Photo de Michel AmielMichel Amiel :

Madame la présidente, monsieur le secrétaire d’État, mes chers collègues, il y a bien longtemps que le port du voile intégral ne s’était pas invité dans le débat politique. Avec cette proposition de résolution, il y refait son apparition.

Examinons les faits. La loi du 11 octobre 2010 interdisant la dissimulation du visage dans l’espace public fut adoptée à la quasi-unanimité par les deux chambres. Le Conseil constitutionnel la jugea conforme à nos principes, en particulier à la Déclaration des droits de l’homme et du citoyen de 1789. De même, la Cour européenne des droits de l’homme, la CEDH, déclara que cette loi respectait les principes de la Convention européenne de sauvegarde des droits de l’homme et des libertés fondamentales de 1950.
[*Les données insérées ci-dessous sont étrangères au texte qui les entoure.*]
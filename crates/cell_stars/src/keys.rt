//! The vertices with a star after an exchange.

ghost use Rattle.std.specs.Prelude.{◌≡◌, ◌↔◌, ◌⊎◌, ◌<◌, ℕ, List, IfOk, OnOk, length, map, IsTrue};
ghost use Rattle.std.specs.Option.{option_map};
ghost use Rattle.point_order.specs.Sets.{IsIn, IsAscending};
ghost use Rattle.cell_stars.specs.Places.{AreFiled, part_at, part_of};
ghost use Rattle.cell_stars.specs.Plans.{AreBelow, or_else, set_all};
ghost use Rattle.cell_stars.specs.Moves.{AreKeysAfter, AreKeysWith, AreAgreed, HasSameKeys, IsKeyed, IsKeyAfter};
ghost use Rattle.cell_stars.specs.Moves.{IsNumberFor};

use crate::around::Around;
use crate::cells::Cells;
use crate::key_lists::{drop_key, put_key};
use crate::numbers::as_number;
use crate::parts::{KeyPart, count_for, more_parts, number_for};
use crate::plan::KeysPlan;
use crate::stock::{Stock, list_of};
use crate::writes::is_own;
use point_order::Point;
use std::alloc::{AllocError, Global};

// Puts the vertex of a star in, or takes it out where the star has no place.
fn write_key(keys: &mut Vec<(Point, u32)>, n: u32, around: &Around) -> Result<(), AllocError>
    requires { IsAscending (map (λ k. k.0) keys.old.items) }
    ensures order { OnOk result (IsAscending (map (λ k. k.0) keys.new.items)) }
    ensures keys { OnOk result ((k : ℕ × ℕ) → IsIn k keys.new.items ↔ IsKeyAfter keys.old.items n around.now k) }
{
    if !around.has_places() {
        drop_key(keys, around.vertex());
        return Ok(());
    }
    put_key(keys, around.vertex(), n)?;
    Ok(())
}

// The longer list, where there is one.
fn either<'a>(more: &'a Option<Vec<KeyPart>>, keys: &'a [KeyPart]) -> &'a [KeyPart]
    ensures { result.now ≡ or_else (option_map (λ v. v.items) more.now) keys.now }
{
    match more {
        Some(list) => list,
        None => keys,
    }
}

// The part with the number after one change.
fn newer<'a>(part: &'a KeyPart, change: &'a (u32, KeyPart), number: usize) -> &'a KeyPart
    ensures same { change.now.0 ≡ number → result.now ≡ change.now.1 }
    ensures other { ¬ (change.now.0 ≡ number) → result.now ≡ part.now }
{
    if change.0 as usize == number {
        &change.1
    } else {
        part
    }
}

// The part with the number after the changes.
fn part_after<'a>(
    base: &'a [KeyPart],
    changes: &'a [(u32, KeyPart)],
    number: usize,
) -> &'a [(Point, u32)]
    requires { number < length base.now }
    ensures { result.now ≡ part_at (set_all changes.now base.now) number }
{
    let mut part = &base[number];
    for change in changes {
        part = newer(part, change, number);
    }
    part.keys()
}

// The keys of a part after the star was written.
fn written_part(
    alloc: Global,
    stock: &mut Stock,
    part: &[(Point, u32)],
    n: u32,
    around: &Around,
) -> Result<KeyPart, AllocError>
    requires { IsAscending (map (λ k. k.0) part.now) }
    ensures order { IfOk result (λ made. IsAscending (map (λ k. k.0) made)) }
    ensures keys { IfOk result (λ made. (k : ℕ × ℕ) → IsIn k made ↔ IsKeyAfter part.now n around.now k) }
{
    let mut keys = list_of(&mut stock.keys, alloc, part.len().saturating_add(1))?;
    keys.extend_from_slice(part)?;
    write_key(&mut keys, n, around)?;
    Ok(KeyPart { keys })
}

// Adds the part that changes as the star is written.
fn add_change(
    alloc: Global,
    stock: &mut Stock,
    base: &[KeyPart],
    changes: &mut Vec<(u32, KeyPart)>,
    n: u32,
    around: &Around,
) -> Result<(), AllocError>
    requires some { 0 < length base.now }
    requires below { AreBelow (length base.now) changes.old.items }
    requires filed { AreFiled (set_all changes.old.items base.now) }
    ensures below { OnOk result (AreBelow (length base.now) changes.new.items) }
    ensures filed { OnOk result (AreFiled (set_all changes.new.items base.now)) }
    ensures keys { OnOk result (AreKeysWith (set_all changes.old.items base.now) n around.now
        (set_all changes.new.items base.now)) }
{
    let number = number_for(base.len(), around.vertex());
    let at = as_number(number)?;
    let part = written_part(alloc, stock, part_after(base, changes, number), n, around)?;
    changes.push((at, part))?;
    Ok(())
}

impl Cells {
    // Whether the star, which has this number, has a place, and had one before.
    fn is_keyed(&self, n: u32, around: &Around) -> bool
        requires { IsNumberFor self.now around.now.0 n }
        ensures { IsTrue result → IsKeyed (part_of self.now.keys around.now.0) n around.now }
    {
        around.has_places() && is_own(&self.stars, n, around.vertex())
    }

    // Whether that is so of all.
    fn are_keyed(&self, writes: &[(u32, Around)]) -> bool
        requires { (n : ℕ) (s : ℕ × List ℕ) → IsIn (n, s) writes.now → IsNumberFor self.now s.0 n }
        ensures { IsTrue result → (n : ℕ) (s : ℕ × List ℕ) → IsIn (n, s) writes.now →
            IsKeyed (part_of self.now.keys s.0) n s }
    {
        for (n, around) in writes {
            if !self.is_keyed(*n, around) {
                return false;
            }
        }
        true
    }

    // Adds the part that changes with a star. A star that had a place before has its vertex there yet.
    fn change_key(
        &self,
        alloc: Global,
        stock: &mut Stock,
        base: &[KeyPart],
        changes: &mut Vec<(u32, KeyPart)>,
        n: u32,
        around: &Around,
    ) -> Result<(), AllocError>
        requires some { 0 < length base.now }
        requires below { AreBelow (length base.now) changes.old.items }
        requires filed { AreFiled (set_all changes.old.items base.now) }
        requires number { IsNumberFor self.now around.now.0 n }
        requires there { IsKeyed (part_of self.now.keys around.now.0) n around.now →
            IsKeyed (part_of (set_all changes.old.items base.now) around.now.0) n around.now }
        ensures below { OnOk result (AreBelow (length base.now) changes.new.items) }
        ensures filed { OnOk result (AreFiled (set_all changes.new.items base.now)) }
        ensures keys { OnOk result (AreKeysWith (set_all changes.old.items base.now) n around.now
            (set_all changes.new.items base.now)) }
    {
        if self.is_keyed(n, around) {
            return Ok(());
        }
        add_change(alloc, stock, base, changes, n, around)
    }

    // The parts that change as the stars are written.
    fn changed_keys(
        &self,
        alloc: Global,
        stock: &mut Stock,
        base: &[KeyPart],
        writes: &[(u32, Around)],
    ) -> Result<Vec<(u32, KeyPart)>, AllocError>
        requires some { 0 < length base.now }
        requires filed { AreFiled base.now }
        requires same { HasSameKeys self.now.keys base.now }
        requires numbers { (n : ℕ) (s : ℕ × List ℕ) → IsIn (n, s) writes.now → IsNumberFor self.now s.0 n }
        requires agreed { AreAgreed writes.now }
        ensures below { IfOk result (λ list. AreBelow (length base.now) list.items) }
        ensures keys { IfOk result (λ list. AreKeysAfter self.now.keys writes.now (set_all list.items base.now)) }
    {
        let mut changes = list_of(&mut stock.parts, alloc, 1)?;
        for (n, around) in writes {
            self.change_key(alloc, stock, base, &mut changes, *n, around)?;
        }
        Ok(changes)
    }

    // What becomes of the keys as the stars are written, where so many stars are used.
    pub(crate) fn keys_after(
        &self,
        alloc: Global,
        stock: &mut Stock,
        writes: &[(u32, Around)],
        used: usize,
    ) -> Result<KeysPlan, AllocError>
        requires numbers { (n : ℕ) (s : ℕ × List ℕ) → IsIn (n, s) writes.now → IsNumberFor self.now s.0 n }
        requires agreed { AreAgreed writes.now }
        ensures below { IfOk result (λ plan. AreBelow
            (length (or_else (option_map (λ v. v.items) plan.more) self.now.keys)) plan.parts.items) }
        ensures keys { IfOk result (λ plan. AreKeysAfter self.now.keys writes.now
            (set_all plan.parts.items (or_else (option_map (λ v. v.items) plan.more) self.now.keys))) }
    {
        let _ = &self.keys;
        if self.are_keyed(writes) {
            return Ok(KeysPlan {
                more: None,
                parts: Vec::new(alloc),
            });
        }
        let more = more_parts(alloc, &self.keys, count_for(used))?;
        let parts = self.changed_keys(alloc, stock, either(&more, &self.keys), writes)?;
        Ok(KeysPlan { more, parts })
    }
}
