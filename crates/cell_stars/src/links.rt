//! Where the cells beside a cell are likely to stand: all in here are hints that carry no promise, and what stands at a
//! place is looked at before it is believed.

use point_order::{Cell, Facet};
use std::mem::swap;

/// In place of a place, where there is none.
pub(crate) const NONE: u32 = u32::MAX;

/// The places across the facets of a cell, in the order of its facets: across the one without its first point comes
/// first.
pub(crate) type Around4 = [u32; 4];

/// The places across the facets of a cell.
#[derive(Clone, Copy, Debug)]
pub(crate) struct Links {
    pub(crate) around: Around4,
}

impl Links {
    /// No places.
    pub(crate) const NOWHERE: Links = Links { around: [NONE; 4] };

    /// The place across a facet.
    pub(crate) fn across(self, side: usize) -> u32 {
        let [a, b, c, d] = self.around;
        match side {
            0 => a,
            1 => b,
            2 => c,
            _ => d,
        }
    }

    /// Exchanges the place across a facet.
    pub(crate) fn turn_side(&mut self, side: usize, other: &mut u32) {
        if side < 4 {
            swap(&mut self.around[side], other);
        }
    }
}

/// Which facet of the cell this one is, if it is one, counted from 0.
pub(crate) fn side_of(cell: &Cell, facet: &Facet) -> usize {
    match (cell, facet) {
        (Cell::Full(quad), Facet::Three(tri)) => {
            let (a, b, c, _) = quad.corners();
            let (x, y, z) = tri.corners();
            side_without(a == x, b == y, c == z)
        }
        (Cell::Open(tri), Facet::Two(pair)) => {
            let (a, b, _) = tri.corners();
            let (x, y) = pair.corners();
            side_without(a == x, b == y, false)
        }
        _ => 3,
    }
}

// The side without the first point that does not stand where it stands in the cell.
fn side_without(has_first: bool, has_second: bool, has_third: bool) -> usize {
    if !has_first {
        0
    } else if !has_second {
        1
    } else if !has_third {
        2
    } else {
        3
    }
}
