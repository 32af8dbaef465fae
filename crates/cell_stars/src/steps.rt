//! Searches whose comparisons are counted.

ghost use Rattle.std.specs.Prelude.{◌≡◌, ℕ, ◌+◌, ◌*◌, ◌-◌, ◌<◌, ◌≤◌, ◌^◌, length, map, slice_index, MatchResult};
ghost use Rattle.std.specs.Ordering.{MatchOrdering};
ghost use Rattle.point_order.specs.Sets.{IsIn, IsAscending};

use point_order::Point;
use std::cmp::Ordering;
use std::marker::{Brand, Model};
use std::sync::ledger::{Blank, Book, Ledger, Share};

/// How many steps were taken. It takes no bytes, and only a comparison of a search changes it.
#[derive(Drop)]
pub struct Steps<L: Ledger> {
    book: Book<L>,
    share: Share<L>,
}

impl<L: Ledger> Model for Steps<L> {
    ghost use Rattle.std.specs.Prelude.{ℕ, ◌<◌};

    ghost Value = { ℕ };

    ghost view = { λ s. s.book.total };

    ghost invariant = { λ s. 0 < s.share.parts };
}

impl<L: Ledger> Steps<L> {
    /// No step so far. The blank is to be that of the ledger, with at least one part.
    pub fn begin(blank: Blank) -> Steps<L>
        requires name { blank.name ≡ L.name }
        requires parts { blank.parts ≡ L.parts }
        requires some { 0 < blank.parts }
    {
        let (book, share) = blank.open::<L>();
        Steps { book, share }
    }

    // One step more.
    fn tick(&mut self)
        ensures { self.new ≡ self.old + 1 }
    {
        self.book.add(&mut self.share, 1);
    }
}

// How two vertices stand, which is one step.
fn compare<L: Ledger>(a: Point, b: Point, steps: &mut Steps<L>) -> Ordering
    ensures order { MatchOrdering result (a < b) (a ≡ b) (b < a) }
    ensures cost { steps.new ≡ steps.old + 1 }
{
    steps.tick();
    a.cmp(&b)
}

// The vertex of a key.
fn vertex_of(key: &(Point, u32)) -> Point
    ensures { result ≡ key.now.0 }
{
    key.0
}

// Where a vertex stands among ascending ones, or else where it belongs.
pub(crate) fn place_counted<L: Ledger>(
    keys: &[(Point, u32)],
    p: Point,
    steps: &mut Steps<L>,
) -> Result<usize, usize>
    requires { IsAscending (map (λ k. k.0) keys.now) }
    ensures found { MatchResult result (λ i. (i < length keys.now)
        × (slice_index (map (λ k. k.0) keys.now) i ≡ p)) (λ i. (i ≤ length keys.now)
        × ((k : ℕ) → k < i → slice_index (map (λ k. k.0) keys.now) k < p)
        × ((k : ℕ) → i ≤ k → k < length keys.now → p < slice_index (map (λ k. k.0) keys.now) k)) }
    ensures rises { steps.old ≤ steps.new }
    ensures cost { 2 ^ (steps.new - steps.old) ≤ 2 * length keys.now + 1 }
{
    let mut low = 0;
    let mut high = keys.len();
    while low < high {
        let middle = low + (high - low) / 2;
        match compare(vertex_of(&keys[middle]), p, steps) {
            Ordering::Less => low = middle + 1,
            Ordering::Equal => return Ok(middle),
            Ordering::Greater => high = middle,
        }
    }
    Err(low)
}

// The same, by comparisons that are counted in a ledger of its own.
fn place_in<L: Ledger>(blank: Blank, keys: &[(Point, u32)], p: Point) -> Result<usize, usize>
    requires name { blank.name ≡ L.name }
    requires parts { blank.parts ≡ L.parts }
    requires some { 0 < blank.parts }
    requires order { IsAscending (map (λ k. k.0) keys.now) }
    ensures { MatchResult result (λ i. (i < length keys.now)
        × (slice_index (map (λ k. k.0) keys.now) i ≡ p)) (λ i. (i ≤ length keys.now)
        × ((k : ℕ) → k < i → slice_index (map (λ k. k.0) keys.now) k < p)
        × ((k : ℕ) → i ≤ k → k < length keys.now → p < slice_index (map (λ k. k.0) keys.now) k)) }
{
    let mut steps = Steps::<L>::begin(blank);
    place_counted(keys, p, &mut steps)
}

// The same, with no count.
pub(crate) fn place_of(keys: &[(Point, u32)], p: Point) -> Result<usize, usize>
    requires { IsAscending (map (λ k. k.0) keys.now) }
    ensures { MatchResult result (λ i. (i < length keys.now)
        × (slice_index (map (λ k. k.0) keys.now) i ≡ p)) (λ i. (i ≤ length keys.now)
        × ((k : ℕ) → k < i → slice_index (map (λ k. k.0) keys.now) k < p)
        × ((k : ℕ) → i ≤ k → k < length keys.now → p < slice_index (map (λ k. k.0) keys.now) k)) }
{
    place_in::<Brand>(Blank::new(1), keys, p)
}
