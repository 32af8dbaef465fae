//! Places with their cells, and beside each cell its links.

ghost use Rattle.std.specs.Prelude.{◌≡◌, None, Some, MatchOption, IsTrue, true, length, ◌≤◌, ◌<◌, ℕ, IfOk};
ghost use Rattle.cell_stars.specs.Places.{at_slot};
ghost use Rattle.point_order.specs.declared.cell.Cell.{Cell};
ghost use Rattle.point_order.specs.Sets.{IsIn};

use crate::links::Links;
use point_order::Cell;
use std::alloc::{AllocError, Global};
use std::marker::Model;

/// A place: its cell with the links of that, or none.
///
/// Contracts see it as the cell. Across each facet that has a point in the bucket the other cell stands in the bucket
/// too, and its place is known as a rule.
#[derive(Debug, Drop)]
pub struct Slot {
    cell: Option<Cell>,
    links: Links,
}

impl Model for Slot {
    ghost use Rattle.std.specs.Prelude.{Option};
    ghost use Rattle.point_order.specs.declared.cell.Cell.{Cell};

    ghost Value = { Option Cell };

    ghost view = { λ s. s.cell };
}

impl Slot {
    // A place with the cell, or with none, and without links.
    pub(crate) fn new(cell: Option<Cell>) -> Slot
        ensures { result ≡ cell }
    {
        Slot {
            cell,
            links: Links::NOWHERE,
        }
    }

    // A copy.
    pub(crate) fn copied(&self) -> Slot
        ensures { result ≡ self.now }
    {
        Slot {
            cell: self.cell,
            links: self.links,
        }
    }

    // Its cell.
    pub(crate) fn cell(&self) -> Option<&Cell>
        ensures { MatchOption result (self.now ≡ None) (λ c. self.now ≡ Some c.now) }
    {
        match &self.cell {
            Some(cell) => Some(cell),
            None => None,
        }
    }

    // The links of its cell.
    pub(crate) fn links(&self) -> Links {
        self.links
    }

    // Links its cell so.
    pub(crate) fn link(&mut self, links: Links)
        ensures { self.new ≡ self.old }
    {
        self.links = links;
    }

    // Exchanges the place across a facet of its cell.
    pub(crate) fn turn_side(&mut self, side: usize, other: &mut u32)
        ensures { self.new ≡ self.old }
    {
        self.links.turn_side(side, other);
    }
}

// The cell at a place, if it is not free.
pub(crate) fn cell_at(slots: &[Slot], i: u32) -> Option<&Cell>
    ensures { MatchOption result (at_slot slots.now i ≡ None) (λ c. at_slot slots.now i ≡ Some c.now) }
{
    match slots.get(i as usize) {
        Some(slot) => slot.cell(),
        None => None,
    }
}

// Whether the cell stands at the place.
pub(crate) fn stands_at(slots: &[Slot], i: u32, cell: &Cell) -> bool
    ensures { IsTrue result → at_slot slots.now i ≡ Some cell.now }
{
    match cell_at(slots, i) {
        Some(other) => other.is_same(cell),
        None => false,
    }
}

// Whether no cell stands at the place.
pub(crate) fn is_open(slots: &[Slot], i: u32) -> bool
    ensures open { IsTrue result → at_slot slots.now i ≡ None }
    ensures behind { length slots.now ≤ i → result ≡ true }
{
    match slots.get(i as usize) {
        Some(slot) => slot.cell().is_none(),
        None => true,
    }
}

// The place of the cell among these, if it stands at one of them.
pub(crate) fn place_among(slots: &[Slot], star: &[u32], cell: &Cell) -> Option<u32>
    ensures { MatchOption result ((i : ℕ) → IsIn i star.now →
        at_slot slots.now i ≡ Some cell.now → ⊥) (λ i. at_slot slots.now i
        ≡ Some cell.now) }
{
    for i in star {
        if let Some(other) = cell_at(slots, *i) {
            if other.is_same(cell) {
                return Some(*i);
            }
        }
    }
    None
}

// A copy of the places, with room for so many.
pub(crate) fn copied_slots(
    alloc: Global,
    slots: &[Slot],
    count: usize,
) -> Result<Vec<Slot>, AllocError>
    ensures { IfOk result (λ list. list.items ≡ slots.now) }
{
    let mut list = Vec::with_capacity(alloc, count)?;
    for slot in slots {
        list.push(slot.copied())?;
    }
    Ok(list)
}
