//! The fresh cells that come in an exchange: those that touch the bucket and do not stay there.

ghost use Rattle.std.specs.Prelude.{◌≡◌, ℕ, true, Some, IfOk, MatchBool};
ghost use Rattle.point_order.specs.Sets.{IsIn, IsAscending};
ghost use Rattle.cell_stars.specs.Places.{touches_in, at_slot};
ghost use Rattle.cell_stars.specs.Swaps.{Differ};
ghost use Rattle.cell_stars.specs.Homes.{AreHomes};
ghost use Rattle.cell_stars.specs.Moves.{AreComing, AreNew, StandsYet};

use crate::cells::Cells;
use crate::matched::Matched;
use crate::numbers::has_number;
use crate::order::cells_once;
use crate::stock::{Stock, list_of};
use point_order::Cell;
use std::alloc::{AllocError, Global};

// As many cells as mostly come in one bucket: a list of them is one of the small ones of an allocator.
const HERE: usize = 24;

impl Cells {
    // Whether the cell, by a look through a star, stands at a place that is not freed.
    fn stays(&self, cell: &Cell, freed: &[u32]) -> bool
        requires { IsAscending freed.now }
        ensures { MatchBool result (StandsYet self.now freed.now cell.now) (touches_in self.now.place cell.now ≡ true →
            (i : ℕ) → at_slot self.now.slots i ≡ Some cell.now → IsIn i freed.now) }
    {
        let _ = &self.slots;
        match self.place_in_star(cell) {
            Some(i) => !has_number(freed, i),
            None => false,
        }
    }

    // Whether the cell, of which it is known whether it touches the bucket, does so and does not stay there. It is not
    // looked for where it is told that it is new.
    fn comes(&self, cell: &Cell, touches: bool, freed: &[u32], found: bool) -> bool
        requires order { IsAscending freed.now }
        requires touches { touches ≡ touches_in self.now.place cell.now }
        requires found { found ≡ true → touches_in self.now.place cell.now ≡ true → (i : ℕ) →
            at_slot self.now.slots i ≡ Some cell.now → ⊥ }
        ensures { MatchBool result ((touches_in self.now.place cell.now ≡ true)
            × ((i : ℕ) → at_slot self.now.slots i ≡ Some cell.now → IsIn i freed.now))
            (touches_in self.now.place cell.now
            ≡ true → StandsYet self.now freed.now cell.now) }
    {
        if !touches {
            return false;
        }
        if found {
            return true;
        }
        !self.stays(cell, freed)
    }

    // The fresh cells that touch the bucket and do not stay there, each once.
    pub(crate) fn coming_by(
        &self,
        alloc: Global,
        stock: &mut Stock,
        fresh: &[Cell],
        freed: &[u32],
        matched: &Matched,
        found: bool,
    ) -> Result<Vec<Cell>, AllocError>
        requires order { IsAscending freed.now }
        requires single { matched.now.single ≡ true → Differ fresh.now }
        requires homes { AreHomes matched.now.fresh fresh.now }
        requires found { found ≡ true → AreNew self.now fresh.now }
        ensures once { IfOk result (λ coming. Differ coming.items) }
        ensures coming { IfOk result (λ coming. AreComing self.now freed.now fresh.now coming.items) }
    {
        let mut coming = list_of(&mut stock.cells, alloc, fresh.len().min(HERE))?;
        for (number, c) in fresh.iter().enumerate() {
            let touches = self.is_touched_by(&matched.fresh, number, c);
            if self.comes(c, touches, freed, found) {
                coming.push(*c)?;
            }
        }
        if matched.is_single() {
            return Ok(coming);
        }
        Ok(cells_once(coming))
    }
}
Or voilà que le Comité des droits de l’homme de l’ONU, saisi par deux plaignantes, estime que cette loi de 2010 porte atteinte « au droit des deux plaignantes de librement manifester leur religion ».

Il faut tout de même le dire et le rappeler, ce comité ne constitue en rien une juridiction et que cette « constatation », pour reprendre le terme exact, ne saurait être ni contraignante ni obligatoire. De ce fait, l’État ne saurait en aucune manière être obligé de suivre cet avis.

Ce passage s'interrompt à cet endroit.